◆ Your objective: Find the line containing "that gives it." in the entries below. Restate it and each line after it, word for word, up to and including the line containing "Labels of edits.".

++++ Material for the task

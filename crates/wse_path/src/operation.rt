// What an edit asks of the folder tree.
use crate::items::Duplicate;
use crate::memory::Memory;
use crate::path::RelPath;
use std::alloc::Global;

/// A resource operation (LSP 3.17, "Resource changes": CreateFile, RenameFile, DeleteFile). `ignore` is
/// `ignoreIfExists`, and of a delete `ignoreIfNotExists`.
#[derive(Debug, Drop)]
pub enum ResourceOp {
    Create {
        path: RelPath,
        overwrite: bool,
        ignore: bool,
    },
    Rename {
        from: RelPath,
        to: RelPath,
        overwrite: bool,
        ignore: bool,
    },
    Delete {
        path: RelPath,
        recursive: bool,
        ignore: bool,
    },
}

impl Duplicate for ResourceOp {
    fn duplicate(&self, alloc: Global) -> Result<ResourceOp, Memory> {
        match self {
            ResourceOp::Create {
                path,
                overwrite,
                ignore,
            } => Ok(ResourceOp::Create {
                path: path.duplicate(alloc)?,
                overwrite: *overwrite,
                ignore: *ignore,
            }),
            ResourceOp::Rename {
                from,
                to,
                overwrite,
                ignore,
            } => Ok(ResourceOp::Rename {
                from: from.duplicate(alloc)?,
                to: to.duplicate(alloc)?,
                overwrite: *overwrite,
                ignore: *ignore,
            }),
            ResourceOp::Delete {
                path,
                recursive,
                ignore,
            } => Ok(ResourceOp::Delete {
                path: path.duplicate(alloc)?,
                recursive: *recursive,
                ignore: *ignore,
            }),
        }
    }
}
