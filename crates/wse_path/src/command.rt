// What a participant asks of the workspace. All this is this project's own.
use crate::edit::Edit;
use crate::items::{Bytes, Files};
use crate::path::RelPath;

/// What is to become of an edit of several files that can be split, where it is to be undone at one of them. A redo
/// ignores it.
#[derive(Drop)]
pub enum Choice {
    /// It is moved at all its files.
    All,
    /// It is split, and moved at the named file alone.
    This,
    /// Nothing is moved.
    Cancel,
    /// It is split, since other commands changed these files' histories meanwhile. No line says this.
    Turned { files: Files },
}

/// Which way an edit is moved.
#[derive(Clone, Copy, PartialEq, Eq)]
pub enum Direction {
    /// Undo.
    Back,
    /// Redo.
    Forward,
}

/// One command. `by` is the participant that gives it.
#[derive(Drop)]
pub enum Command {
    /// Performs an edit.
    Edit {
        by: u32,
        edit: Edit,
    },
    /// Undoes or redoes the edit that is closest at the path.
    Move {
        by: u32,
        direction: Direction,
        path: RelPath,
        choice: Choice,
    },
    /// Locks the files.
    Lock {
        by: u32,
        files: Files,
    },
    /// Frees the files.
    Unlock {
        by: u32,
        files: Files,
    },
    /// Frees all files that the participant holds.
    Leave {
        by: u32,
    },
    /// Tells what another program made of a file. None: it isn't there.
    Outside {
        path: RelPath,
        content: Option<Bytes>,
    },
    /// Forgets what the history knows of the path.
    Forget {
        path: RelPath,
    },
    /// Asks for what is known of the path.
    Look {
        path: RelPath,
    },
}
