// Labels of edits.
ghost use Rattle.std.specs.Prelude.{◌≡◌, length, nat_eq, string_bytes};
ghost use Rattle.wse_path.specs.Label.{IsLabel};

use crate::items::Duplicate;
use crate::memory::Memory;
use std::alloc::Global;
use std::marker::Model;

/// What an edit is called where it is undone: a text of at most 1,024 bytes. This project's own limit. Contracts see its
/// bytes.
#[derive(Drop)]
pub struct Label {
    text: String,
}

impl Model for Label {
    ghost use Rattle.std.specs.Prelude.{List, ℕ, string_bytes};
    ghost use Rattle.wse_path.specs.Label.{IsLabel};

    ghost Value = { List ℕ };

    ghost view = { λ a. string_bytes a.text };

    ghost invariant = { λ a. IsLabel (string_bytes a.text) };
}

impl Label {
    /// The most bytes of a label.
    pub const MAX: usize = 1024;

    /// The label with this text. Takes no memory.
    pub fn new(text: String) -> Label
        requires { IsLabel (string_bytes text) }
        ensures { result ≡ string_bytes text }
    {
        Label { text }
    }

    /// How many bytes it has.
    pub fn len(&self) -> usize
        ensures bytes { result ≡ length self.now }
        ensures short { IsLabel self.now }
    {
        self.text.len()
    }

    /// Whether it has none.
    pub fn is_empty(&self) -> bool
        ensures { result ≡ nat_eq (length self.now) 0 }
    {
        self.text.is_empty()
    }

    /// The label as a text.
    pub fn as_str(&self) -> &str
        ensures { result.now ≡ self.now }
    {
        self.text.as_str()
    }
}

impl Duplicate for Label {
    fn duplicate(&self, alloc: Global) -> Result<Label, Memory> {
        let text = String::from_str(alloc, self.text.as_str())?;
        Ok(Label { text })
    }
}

++++++++
++++ Material for the task

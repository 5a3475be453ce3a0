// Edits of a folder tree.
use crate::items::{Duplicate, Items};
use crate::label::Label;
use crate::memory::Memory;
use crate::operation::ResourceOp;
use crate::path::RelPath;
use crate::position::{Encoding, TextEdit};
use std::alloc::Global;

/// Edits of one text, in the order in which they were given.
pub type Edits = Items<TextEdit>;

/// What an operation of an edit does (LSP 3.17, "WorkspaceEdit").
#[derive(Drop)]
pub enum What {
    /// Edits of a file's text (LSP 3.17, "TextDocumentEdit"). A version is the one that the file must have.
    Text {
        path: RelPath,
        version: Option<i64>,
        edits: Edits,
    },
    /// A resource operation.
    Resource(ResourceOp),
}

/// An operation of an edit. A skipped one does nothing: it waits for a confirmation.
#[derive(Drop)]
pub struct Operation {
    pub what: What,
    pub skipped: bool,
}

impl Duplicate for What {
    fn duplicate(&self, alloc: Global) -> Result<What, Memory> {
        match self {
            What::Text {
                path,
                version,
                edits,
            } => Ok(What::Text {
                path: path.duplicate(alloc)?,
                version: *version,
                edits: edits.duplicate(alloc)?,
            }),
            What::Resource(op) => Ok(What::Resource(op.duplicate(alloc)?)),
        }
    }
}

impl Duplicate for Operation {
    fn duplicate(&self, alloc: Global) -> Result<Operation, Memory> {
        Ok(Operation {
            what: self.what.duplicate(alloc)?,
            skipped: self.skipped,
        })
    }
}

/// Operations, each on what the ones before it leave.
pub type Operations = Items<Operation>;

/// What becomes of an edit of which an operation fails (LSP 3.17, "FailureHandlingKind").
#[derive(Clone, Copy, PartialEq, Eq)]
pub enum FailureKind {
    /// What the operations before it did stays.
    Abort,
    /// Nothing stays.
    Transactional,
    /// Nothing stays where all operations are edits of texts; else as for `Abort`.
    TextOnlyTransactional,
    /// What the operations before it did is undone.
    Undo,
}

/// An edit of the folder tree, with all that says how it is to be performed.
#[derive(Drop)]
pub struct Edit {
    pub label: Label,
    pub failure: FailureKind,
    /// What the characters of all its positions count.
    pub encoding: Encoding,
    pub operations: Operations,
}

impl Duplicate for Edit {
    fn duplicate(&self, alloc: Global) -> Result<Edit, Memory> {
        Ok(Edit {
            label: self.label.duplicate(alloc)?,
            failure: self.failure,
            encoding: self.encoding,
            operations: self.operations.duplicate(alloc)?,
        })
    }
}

++++++++

◆ Solution to this exercise:
/// One command. `by` is the participant that gives it.
#[derive(Drop)]
pub enum Command {
    /// Performs an edit.
    Edit {
        by: u32,
        edit: Edit,
    },
    /// Undoes or redoes the edit that is closest at the path.
    Move {
        by: u32,
        direction: Direction,
        path: RelPath,
        choice: Choice,
    },
    /// Locks the files.
    Lock {
        by: u32,
        files: Files,
    },
    /// Frees the files.
    Unlock {
        by: u32,
        files: Files,
    },
    /// Frees all files that the participant holds.
    Leave {
        by: u32,
    },
    /// Tells what another program made of a file. None: it isn't there.
    Outside {
        path: RelPath,
        content: Option<Bytes>,
    },
    /// Forgets what the history knows of the path.
    Forget {
        path: RelPath,
    },
    /// Asks for what is known of the path.
    Look {
        path: RelPath,
    },
}
// Labels of edits.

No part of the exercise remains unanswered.